2.  The number of classes which were predicted incorrectly (where the highest predicted probability class was wrong) *AND* the subset of these in which the 2nd highest predicted probability class was correct.   If this was random we would expect that about 10% (since there are 10 remaining classes) of the number incorrectly predicted would have the second highest probability be correct.   Instead this number is more like 60%.
3.  A modified confusion matrix where we count the correct classifications to be those in which one of the two highest predicted classes was correct.

In [None]:
from collections import defaultdict
from functools import partial
from matplotlib import pyplot as plt
%matplotlib inline

#
# Get our predictions for each sample in the test sample
y_test_pred = model.predict(x_test)

#
# Containers to store some resuls
trueCount = defaultdict(int)
confusionMatrix = defaultdict(partial(defaultdict, int))
probsWhenRight = []

#
# Loop over data and collect results
for i in range(len(y_test_labels)):
    t_test_index = labelToIndex[y_test_labels[i]]
    trueCount[y_test_labels[i]] += 1
    predLabelIndex = np.argmax(y_test_pred[i])
    predLabel = indexToLabel[predLabelIndex]
    predictedProbability = y_test_pred[i][predLabelIndex]
    if i<10:
        print("TRUE: ",y_test_labels[i],";\t PREDICTED: ",predLabel)
    confusionMatrix[y_test_labels[i]][predLabel] += 1
#
# Store the probability when correct
    if y_test_labels[i] == predLabel:
        probsWhenRight.append(predictedProbability)
    
print()
print("Standard confusion matrix and accuracy when using the highest predicted prob to get predicted class.")
averageAcc = 0.0
num = 0.0
for i in uniqueLabels:
    print(i,'\t',end='')
    for j in uniqueLabels:
        print(round(float(confusionMatrix[i][j])/float(trueCount[i]),2),'\t',end='')
        if i==j:
            averageAcc += float(confusionMatrix[i][j])/float(trueCount[i])
            num += 1.0
    print()
print()
print("Average accuracy:",round(averageAcc/num,4))

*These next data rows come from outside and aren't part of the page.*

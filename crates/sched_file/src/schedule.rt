ghost use Rattle.std.specs.Prelude.{◌≡◌, ◌≤◌, ◌<◌, ◌++◌, ◌∷◌, [], length, Ok, Err, IfOk, MatchResult};
ghost use Rattle.sched_file.specs.Commands.{line_of};
ghost use Rattle.sched_file.specs.Schedule.{schedule_of, with_line, limited, round_of, rounds_of, IsRefusal};
ghost use Rattle.sched_file.specs.Events.{AreBasic};

use crate::bytes::split_at_byte;
use crate::line::{Line, read_line};
use crate::{Event, Plan, SchedError};
use std::alloc::Global;

const MAX_EVENTS: usize = 100_000;

/// The basic events of a schedule for a plan: each server and update is in the plan, `Boot` and `Finish` aren't among them,
/// and each `drain` stands for its runs.
pub fn read_schedule(alloc: Global, text: &[u8], plan: &Plan) -> Result<Vec<Event>, SchedError>
    requires { length plan.now.update ≤ 64 }
    ensures answer { MatchResult result (λ events. schedule_of plan.now text.now ≡ Ok events.items)
        (IsRefusal (schedule_of plan.now text.now)) }
    ensures basic { IfOk result (λ events. AreBasic plan.now events.items) }
{
    let mut events = Vec::new(alloc);
    let mut number = 1;
    let mut rest = text;
    while let Some((line, after)) = split_at_byte(rest, b'\n') {
        match push_line(&mut events, plan, number, line) {
            Ok(()) => {
                number += 1;
                rest = after;
            }
            Err(refusal) => return Err(refusal),
        }
    }
    match push_line(&mut events, plan, number, rest) {
        Ok(()) => Ok(events),
        Err(refusal) => Err(refusal),
    }
}

// Appends the events of the line of that number, where the whole stays within the limit.
fn push_line(
    events: &mut Vec<Event>,
    plan: &Plan,
    number: usize,
    line: &[u8],
) -> Result<(), SchedError>
    requires events { length events.old.items ≤ 100000 }
    requires updates { length plan.now.update ≤ 64 }
    ensures { MatchResult result
        (λ _. with_line (length plan.now.server) number events.old.items (line_of plan.now line.now) ≡ Ok events.new.items)
        (IsRefusal (with_line (length plan.now.server) number events.old.items (line_of plan.now line.now))) }
{
    match read_line(plan, line) {
        None => Err(SchedError::Line { n: number }),
        Some(Line::Empty) => Ok(()),
        Some(Line::Basic(event)) => push_event(events, event),
        Some(Line::Drain(rounds)) => push_rounds(events, plan.server.as_slice().len(), rounds),
    }
}

fn push_event(events: &mut Vec<Event>, event: Event) -> Result<(), SchedError>
    requires { length events.old.items ≤ 100000 }
    ensures { MatchResult result (λ _. limited (events.old.items ++ event ∷ []) ≡ Ok events.new.items)
        (IsRefusal (limited (events.old.items ++ event ∷ []))) }
{
    if events.len() >= MAX_EVENTS {
        return Err(SchedError::Limit);
    }
    events.push(event)?;
    Ok(())
}

fn push_rounds(events: &mut Vec<Event>, servers: usize, rounds: u32) -> Result<(), SchedError>
    requires { length events.old.items ≤ 100000 }
    ensures { MatchResult result (λ _. limited (events.old.items ++ rounds_of rounds servers) ≡ Ok events.new.items)
        (IsRefusal (limited (events.old.items ++ rounds_of rounds servers))) }
{
    for _round in 0..rounds {
        match push_round(events, servers) {
            Ok(()) => {}
            Err(refusal) => return Err(refusal),
        }
    }
    Ok(())
}

// A run of each server.
fn push_round(events: &mut Vec<Event>, servers: usize) -> Result<(), SchedError>
    requires { length events.old.items ≤ 100000 }
    ensures { MatchResult result (λ _. limited (events.old.items ++ round_of servers) ≡ Ok events.new.items)
        (IsRefusal (limited (events.old.items ++ round_of servers))) }
{
    for server in 0..servers {
        let run = Event::Run {
            server,
            ticks: 1_000_000,
        };
        match push_event(events, run) {
            Ok(()) => {}
            Err(refusal) => return Err(refusal),
        }
    }
    Ok(())
}
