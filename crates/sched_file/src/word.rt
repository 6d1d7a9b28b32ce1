// The words of a line.
ghost use Rattle.std.specs.Prelude.{◌≡◌, ◌≤◌, ◌<◌, ◌∷◌, [], MatchOption, false, length};
ghost use Rattle.sched_file.specs.Words.{words_of, is_blank, run_length, begins};

// The first word and what follows it.
#[tactic(auto, using(crate::proofs::WordLemmas::first_words))]
pub fn next_word(text: &[u8]) -> Option<(&[u8], &[u8])>
    ensures { MatchOption result (words_of text.now ≡ []) (λ r. words_of text.now ≡ r.0.now ∷ words_of r.1.now) }
{
    let rest = skip_blanks(text);
    if rest.is_empty() {
        return None;
    }
    Some(rest.split_at(run_len(rest)))
}

fn skip_blanks(text: &[u8]) -> &[u8]
    ensures same { words_of result.now ≡ words_of text.now }
    ensures none { begins is_blank result.now ≡ false }
{
    let mut rest = text;
    while let [byte, after @ ..] = rest {
        if *byte != b' ' {
            return rest;
        }
        rest = after;
    }
    rest
}

// The length of the word that the text begins with.
fn run_len(text: &[u8]) -> usize
    ensures len { result ≡ run_length text.now }
    ensures bound { result ≤ length text.now }
{
    let mut len = 0;
    let mut rest = text;
    while let [byte, after @ ..] = rest {
        if *byte == b' ' {
            return len;
        }
        len += 1;
        rest = after;
    }
    len
}
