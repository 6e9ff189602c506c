//! Lines: ids, words, and what is too long.
use crate::asserts::assert_equal_for;
use arrayvec::ArrayVec;
use go_base::write_int;
use gtp_wire::{Line, LineReader};

/// What a reader gave: each line's id in brackets, a space before each word, and a semicolon.
type Shown = ArrayVec<u8, 512>;

fn show(line: &Line, shown: &mut Shown) {
    match line {
        Line::TooLong => {
            let _ = shown.try_extend_from_slice(b"too long");
        }
        Line::Command(command) => {
            let _ = shown.try_push(b'[');
            if let Some(id) = command.id() {
                let _ = shown.try_extend_from_slice(&write_int(id));
            }
            let _ = shown.try_push(b']');
            for number in 0..100 {
                let Some(word) = command.word(number) else {
                    break;
                };
                let _ = shown.try_push(b' ');
                let _ = shown.try_extend_from_slice(word);
            }
        }
    }
    let _ = shown.try_push(b';');
}

/// Texts, and their lines.
static LINES: [(&[u8], &[u8]); 13] = [
    (
        b"# a game\n\t\n3\tpl\x01ay b D4 # corner\r\n",
        b"[3] play b D4;",
    ),
    (b"# a comment\n\t\n3\tna\x01me # x\r\n", b"[3] name;"),
    (b"na\rme#x y\r\n", b"[] name;"),
    (b"99999999999 name\n", b"[] 99999999999 name;"),
    (b"5\n", b"[5];"),
    (b"2147483647 name\n", b"[2147483647] name;"),
    (b"2147483648 name\n", b"[] 2147483648 name;"),
    (b"007 version\n", b"[7] version;"),
    (b"00000000007 version\n", b"[7] version;"),
    (b"play b D1", b""),
    (b" \nquit\nname\n", b"[] quit;[] name;"),
    (b"# known_command\n", b""),
    // Blank lines, comments, control characters, HT, ids, bytes past 127 and an unfinished line.
    (
        b"\n \t\n#\n12 play\tb  D4 #x\r\n\x01\n  n\x7fame\xe4 x y\n5\n 007  version \n#a b\nquit",
        b"[12] play b D4;[] name\xe4 x y;[5];[7] version;",
    ),
];

#[test]
fn a_line_is_an_id_and_words(rt: HostRuntime) {
    for (text, wanted) in &LINES {
        let mut shown = ArrayVec::new();
        let mut reader = LineReader::new();
        let mut left = *text;
        for _ in 0..=text.len() {
            let fed = reader.feed(left);
            left = &left[fed.used..];
            if let Some(line) = &fed.line {
                show(line, &mut shown);
            }
        }
        assert_equal_for(&rt, text, shown.as_slice(), wanted);
    }
}

#[test]
fn the_words_of_a_line_have_at_most_1000_bytes(rt: HostRuntime) {
    let letters = [b'x'; 987];
    let spaces = [b' '; 5000];
    // Three chunks, and whether a newline after them ends a line that is a command, if it ends a line.
    let lines: [(&[u8], &[u8], &[u8], Option<bool>); 5] = [
        (b"known_command ", &letters[..986], b"", Some(true)),
        (b"known_command ", &letters, b"", Some(false)),
        (b"7 known_command ", &letters[..985], b"", Some(false)),
        // Neither a comment nor spaces count.
        (b"# known_command ", &letters, b"", None),
        (&spaces, b"name", &spaces, Some(true)),
    ];
    for (front, middle, end, wanted) in lines {
        let mut reader = LineReader::new();
        reader.feed(front);
        reader.feed(middle);
        reader.feed(end);
        let is_command = match reader.feed(b"\n").line {
            Some(Line::Command(_)) => Some(true),
            Some(Line::TooLong) => Some(false),
            None => None,
        };
        assert_equal_for(&rt, (front, middle.len()), is_command, wanted);
    }
}
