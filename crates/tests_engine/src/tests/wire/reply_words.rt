//! What the text of a reply says, word by word.
use crate::asserts::{assert_equal_for, some};
use go_base::{Choice, Point, Size, Vertex, handicap};
use gtp_wire::{names_points, read_choice};

#[test]
fn one_word_is_a_choice(rt: HostRuntime) {
    let corner = some(&rt, Point::new(9, 1));
    let choices: [(&[u8], Option<Choice>); 8] = [
        (b"J1", Some(Choice::Play(Vertex::At(corner)))),
        (b"\nj1 ", Some(Choice::Play(Vertex::At(corner)))),
        (b"Pass", Some(Choice::Play(Vertex::Pass))),
        (b"resign", Some(Choice::Resign)),
        (b"", None),
        (b"I1", None),
        (b"J1 J1", None),
        (b"resign\nnow", None),
    ];
    for (text, choice) in choices {
        assert_equal_for(&rt, text, read_choice(text), choice);
    }
}

#[test]
fn words_name_the_points_of_a_handicap_in_any_order(rt: HostRuntime) {
    let size = some(&rt, Size::new(9));
    let points = some(&rt, handicap(size, 3));
    let texts: [(&[u8], bool); 7] = [
        (b"C3 G7 C7", true),
        (b"g7\nc7  c3", true),
        (b"C3 G7", false),
        (b"C3 G7 G7", false),
        (b"C3 G7 C7 C7", false),
        (b"C3 G7 G3", false),
        (b"C3 G7 pass", false),
    ];
    for (text, named) in texts {
        assert_equal_for(&rt, text, names_points(text, &points), named);
    }
}
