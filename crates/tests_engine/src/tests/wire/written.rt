//! Replies and commands as they are written.
use crate::asserts::{assert_equal_for, some};
use go_base::{Colour, Komi, Move, Point, Size, Vertex};
use gtp_wire::{Command, write_command, write_reply};

/// Whether a reply says that its command succeeded, its id, its text, and how it is written.
static REPLIES: [(bool, Option<u32>, &[u8], &str); 4] = [
    (true, None, b"", "=\n\n"),
    (true, Some(7), b"", "=7\n\n"),
    (true, None, b"2", "= 2\n\n"),
    (false, Some(5), b"unknown command", "?5 unknown command\n\n"),
];

#[test]
fn replies_and_commands_are_written_as_the_protocol_has_them(rt: HostRuntime) {
    for (ok, id, text, wanted) in &REPLIES {
        let written = write_reply(*ok, *id, text);
        assert_equal_for(&rt, wanted, written.as_slice(), wanted.as_bytes());
    }
    let size = some(&rt, Size::new(19));
    let komi = some(&rt, Komi::from_half_points(13));
    let played = Move {
        colour: Colour::White,
        vertex: Vertex::At(some(&rt, Point::new(16, 10))),
    };
    let passed = Move {
        colour: Colour::Black,
        vertex: Vertex::Pass,
    };
    let commands = [
        (Some(1), Command::Boardsize(size), "1 boardsize 19\n"),
        (Some(2), Command::Komi(komi), "2 komi 6.5\n"),
        (Some(3), Command::ClearBoard, "3 clear_board\n"),
        (Some(4), Command::FixedHandicap(2), "4 fixed_handicap 2\n"),
        (Some(5), Command::Play(played), "5 play w Q10\n"),
        (Some(6), Command::Genmove(Colour::Black), "6 genmove b\n"),
        (Some(7), Command::Undo, "7 undo\n"),
        (Some(8), Command::Play(passed), "8 play b pass\n"),
        (None, Command::Undo, "undo\n"),
        (None, Command::Quit, "quit\n"),
    ];
    for (id, command, wanted) in &commands {
        let written = write_command(*id, command);
        assert_equal_for(&rt, wanted, written.as_slice(), wanted.as_bytes());
    }
}
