//! Replies as a controller reads them.
use crate::asserts::{assert_equal, assert_equal_for};
use arrayvec::ArrayVec;
use go_base::write_int;
use gtp_wire::{ReplyFault, ReplyReader};

/// The first result of a new reader: how many bytes it used, and the status, the id in brackets and the text, or the
/// fault.
fn show_first(bytes: &[u8]) -> ArrayVec<u8, 64> {
    let fed = ReplyReader::new().feed(bytes);
    let mut shown = ArrayVec::new();
    let used = u32::try_from(fed.used).unwrap_or(u32::MAX);
    let _ = shown.try_extend_from_slice(&write_int(used));
    match fed.got {
        None => {
            let _ = shown.try_extend_from_slice(b" nothing");
        }
        Some(Err(ReplyFault::Overlong)) => {
            let _ = shown.try_extend_from_slice(b" overlong");
        }
        Some(Err(ReplyFault::NoStatus)) => {
            let _ = shown.try_extend_from_slice(b" no status");
        }
        Some(Ok(reply)) => {
            let status = if reply.ok { b" =[" } else { b" ?[" };
            let _ = shown.try_extend_from_slice(status);
            if let Some(id) = reply.id {
                let _ = shown.try_extend_from_slice(&write_int(id));
            }
            let _ = shown.try_push(b']');
            let _ = shown.try_extend_from_slice(&reply.text);
        }
    }
    shown
}

/// Bytes, and what is returned of them.
static RETURNED: [(&[u8], &[u8]); 17] = [
    (b"\n\n=1 ok\r\n\r\n", b"11 =[1]ok"),
    (b"= D4 \n\n", b"7 =[]D4"),
    (b"=\n\n", b"3 =[]"),
    (b"=12D4\n\n", b"7 =[12]D4"),
    (b"=1  D4  \n\n", b"10 =[1]D4"),
    (b"=00000000001 a\n\n", b"16 =[1]a"),
    (b"=99999999999 a\n\n", b"16 =[]99999999999 a"),
    (b"?3 illegal move\n\n=4", b"17 ?[3]illegal move"),
    (b"=1 a\nb\n\n", b"8 =[1]a\nb"),
    (b"\x01 \t=\x02007\ta \x7f#b\n\r\n", b"17 =[7]a #b"),
    (b"=\nfoo\n\n", b"7 =[]\nfoo"),
    (b"\n =12 a\tb\r\nc \r\n\n", b"16 =[12]a b\nc"),
    (b"=1 a\n", b"5 nothing"),
    (b"hello", b"1 no status"),
    (b" !1\n\n", b"2 no status"),
    (b"\n\x01 #=1\n\n", b"4 no status"),
    (b"\xe4=1\n\n", b"1 no status"),
];

#[test]
fn replies_and_faults_are_returned(rt: HostRuntime) {
    for (bytes, wanted) in &RETURNED {
        assert_equal_for(&rt, bytes, show_first(bytes).as_slice(), wanted);
    }
}

/// What is returned of bytes without an end.
const OVERLONG: &[u8] = b"8193 overlong";

#[test]
fn a_reply_has_at_most_8192_bytes(rt: HostRuntime) {
    let mut bytes = [b'\n'; 8193];
    let newlines = show_first(&bytes[..8192]);
    assert_equal(&rt, newlines.as_slice(), b"8192 nothing".as_slice());
    assert_equal(&rt, show_first(&bytes).as_slice(), OVERLONG);
    bytes[8192] = b'x';
    assert_equal(&rt, show_first(&bytes).as_slice(), OVERLONG);
    let mut bytes = [b'\x01'; 8193];
    bytes[0] = b'=';
    bytes[8190] = b'\n';
    bytes[8192] = b'\n';
    assert_equal(&rt, show_first(&bytes).as_slice(), OVERLONG);
    bytes[8191] = b'\n';
    assert_equal(&rt, show_first(&bytes).as_slice(), b"8192 =[]".as_slice());
}
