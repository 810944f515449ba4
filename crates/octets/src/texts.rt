// Fixed texts: where a part first differs from one, and whether it has it.
ghost use Rattle.std.specs.Prelude.{◌≡◌, ◌+◌, ◌≤◌, length};
ghost use Rattle.octets.specs.Texts.{differ, has};

// The index of the first byte of `want` that does not stand at `at`; its length where all do. Kept: no
// Option, as `differ` has it: of a text that stands, what comes next is its end; and a loop, since of `position` the check finds no proof by itself.
pub fn differs(s: &[u8], at: usize, want: &[u8]) -> usize
    requires { at + length want.now ≤ length s.now }
    ensures { (result ≡ differ s.now at want.now) × (result ≤ length want.now) }
{
    for (i, b) in want.iter().enumerate() {
        if s[at + i] != *b {
            return i;
        }
    }
    want.len()
}

// Whether `want` stands at `at`.
pub fn stands(s: &[u8], at: usize, want: &[u8]) -> bool
    requires { at + length want.now ≤ length s.now }
    ensures { result ≡ has s.now at want.now }
{
    differs(s, at, want) == want.len()
}
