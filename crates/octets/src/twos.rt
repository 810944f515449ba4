// Words of 16 bits as two's complement numbers, with the same bits.
ghost use Rattle.std.specs.Prelude.{◌≡◌};
ghost use Rattle.octets.specs.Twos.{twos_of};

pub fn number_of(word: u16) -> i16
    ensures { result ≡ twos_of word }
{
    word.cast_signed()
}
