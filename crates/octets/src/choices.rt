// Tests joined without a branch, so that a rule of many tests is one expression.
ghost use Rattle.std.specs.Prelude.{◌≡◌};
ghost use Rattle.octets.specs.Choice as choice;

pub fn both(a: bool, b: bool) -> bool
    ensures { result ≡ choice.both a b }
{
    a && b
}

pub fn either(a: bool, b: bool) -> bool
    ensures { result ≡ choice.either a b }
{
    a || b
}
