// Bytes put over bytes of a lent slice.
ghost use Rattle.std.specs.Prelude.{◌≡◌, ◌+◌, ◌≤◌, length, replicate};
ghost use Rattle.octets.specs.Pastes.{pasted};

// `src` over what stands at `at`; every other byte stays.
pub fn paste(dst: &mut [u8], at: usize, src: &[u8])
    requires { at + length src.now ≤ length dst.old }
    ensures { dst.new ≡ pasted dst.old at src.now }
{
    dst[at..at + src.len()].copy_from_slice(src);
}

// n bytes of one value over what stands at `at`; every other byte stays.
pub fn fill(dst: &mut [u8], at: usize, n: usize, b: u8)
    requires { at + n ≤ length dst.old }
    ensures { dst.new ≡ pasted dst.old at (replicate n b) }
{
    dst[at..at + n].fill(b);
}
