// The sum of bytes, as a column's checksum has it.
ghost use Rattle.std.specs.Prelude.{◌≡◌, ◌+◌, ◌≤◌, length};
ghost use Rattle.octets.specs.Sums.{sum_of, lows_of};

// The sum of the bytes of `part`, few enough that 32 bits hold it.
pub fn sum(part: &[u8]) -> u32
    requires { length part.now ≤ 65536 }
    ensures { result ≡ sum_of part.now }
{
    part.iter().map(|b| u32::from(*b)).sum()
}

// The sum of the bytes of words, from 16 bits of the words' sum and the sum of their high bytes; right where 16 bits hold that of the low ones.
pub fn bytes_of(words: u16, highs: u16) -> u32
    ensures { result ≡ highs + lows_of words highs }
{
    let lows = words.wrapping_sub(highs % 256 * 256);
    u32::from(highs) + u32::from(lows)
}
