// Lent bytes: numbers high byte first, byte sums, decimal digits, fixed texts, and bytes put over bytes.
// Kept: offsets into a slice, and no part of it, since the definitions read and put at a place.
#![tactic(auto)]

pub mod choices;
pub mod digits;
pub mod extremes;
pub mod numbers;
pub mod pastes;
pub mod sums;
pub mod texts;
pub mod twos;
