// Numbers in two, three and four bytes, high byte first, and in two, low byte first: read, and put over what stands there.
// Kept: a function for each width, since each is one call of the library.
ghost use Rattle.std.specs.Prelude.{◌≡◌, ◌+◌, ◌*◌, ◌/◌, ◌%◌, ◌<◌, ◌≤◌, [], ◌∷◌, length, slice_index};
ghost use Rattle.octets.specs.Numbers.{number_at, bytes_of};
ghost use Rattle.octets.specs.Pastes.{pasted};

use crate::pastes::paste;

// Two bytes, the low one first, as most machines have them: where only their sum counts, they need no swap.
pub fn low_first(s: &[u8], at: usize) -> u16
    requires { at + 2 ≤ length s.now }
    ensures number { result ≡ slice_index s.now at + slice_index s.now (at + 1) * 256 }
    ensures bytes { (result % 256 ≡ slice_index s.now at) × (result / 256 ≡ slice_index s.now (at + 1)) }
{
    u16::from_le_bytes([s[at], s[at + 1]])
}

// A word with its two bytes exchanged.
pub fn swapped(v: u16) -> u16
    ensures { result ≡ v % 256 * 256 + v / 256 }
{
    v.swap_bytes()
}

pub fn be16(s: &[u8], at: usize) -> u16
    requires { at + 2 ≤ length s.now }
    ensures { result ≡ number_at s.now at 2 }
{
    u16::from_be_bytes([s[at], s[at + 1]])
}

pub fn be24(s: &[u8], at: usize) -> u32
    requires { at + 3 ≤ length s.now }
    ensures { (result ≡ number_at s.now at 3) × (result < 16777216) }
{
    u32::from_be_bytes([0, s[at], s[at + 1], s[at + 2]])
}

pub fn be32(s: &[u8], at: usize) -> u32
    requires { at + 4 ≤ length s.now }
    ensures { result ≡ number_at s.now at 4 }
{
    u32::from_be_bytes([s[at], s[at + 1], s[at + 2], s[at + 3]])
}

pub fn put16(s: &mut [u8], at: usize, v: u16)
    requires { at + 2 ≤ length s.old }
    ensures { s.new ≡ pasted s.old at (bytes_of 2 v) }
{
    paste(s, at, &v.to_be_bytes());
}

// The low three bytes of a number.
pub fn put24(s: &mut [u8], at: usize, v: u32)
    requires { at + 3 ≤ length s.old }
    ensures { s.new ≡ pasted s.old at (bytes_of 3 v) }
{
    paste(s, at, &v.to_be_bytes()[1..]);
}

pub fn put32(s: &mut [u8], at: usize, v: u32)
    requires { at + 4 ≤ length s.old }
    ensures { s.new ≡ pasted s.old at (bytes_of 4 v) }
{
    paste(s, at, &v.to_be_bytes()[..]);
}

plt.hist(probsWhenRight, 50, alpha=0.5, normed=True, label='probsWhenRight')
plt.legend(loc='upper left')
plt.show()


# EXTRA Credit (1 point each)
You can do these things to get extra credit!
1.  Add to the same plot above: The probabilities when the predicted class is wrong
2.  Count the number that are incorrectly predicted, and for this group, count up how often the correct class is the 2nd highest probability.   This [post](https://stackoverflow.com/questions/6910641/how-do-i-get-indices-of-n-maximum-values-in-a-numpy-array) may be helpful (it is what I used)!  Is the second highest correct at a random rate?  Or is it much higher?
3.  Make a modified confusion matrix where we count the correct classifications to be those in which one of the two highest predicted classes was correct.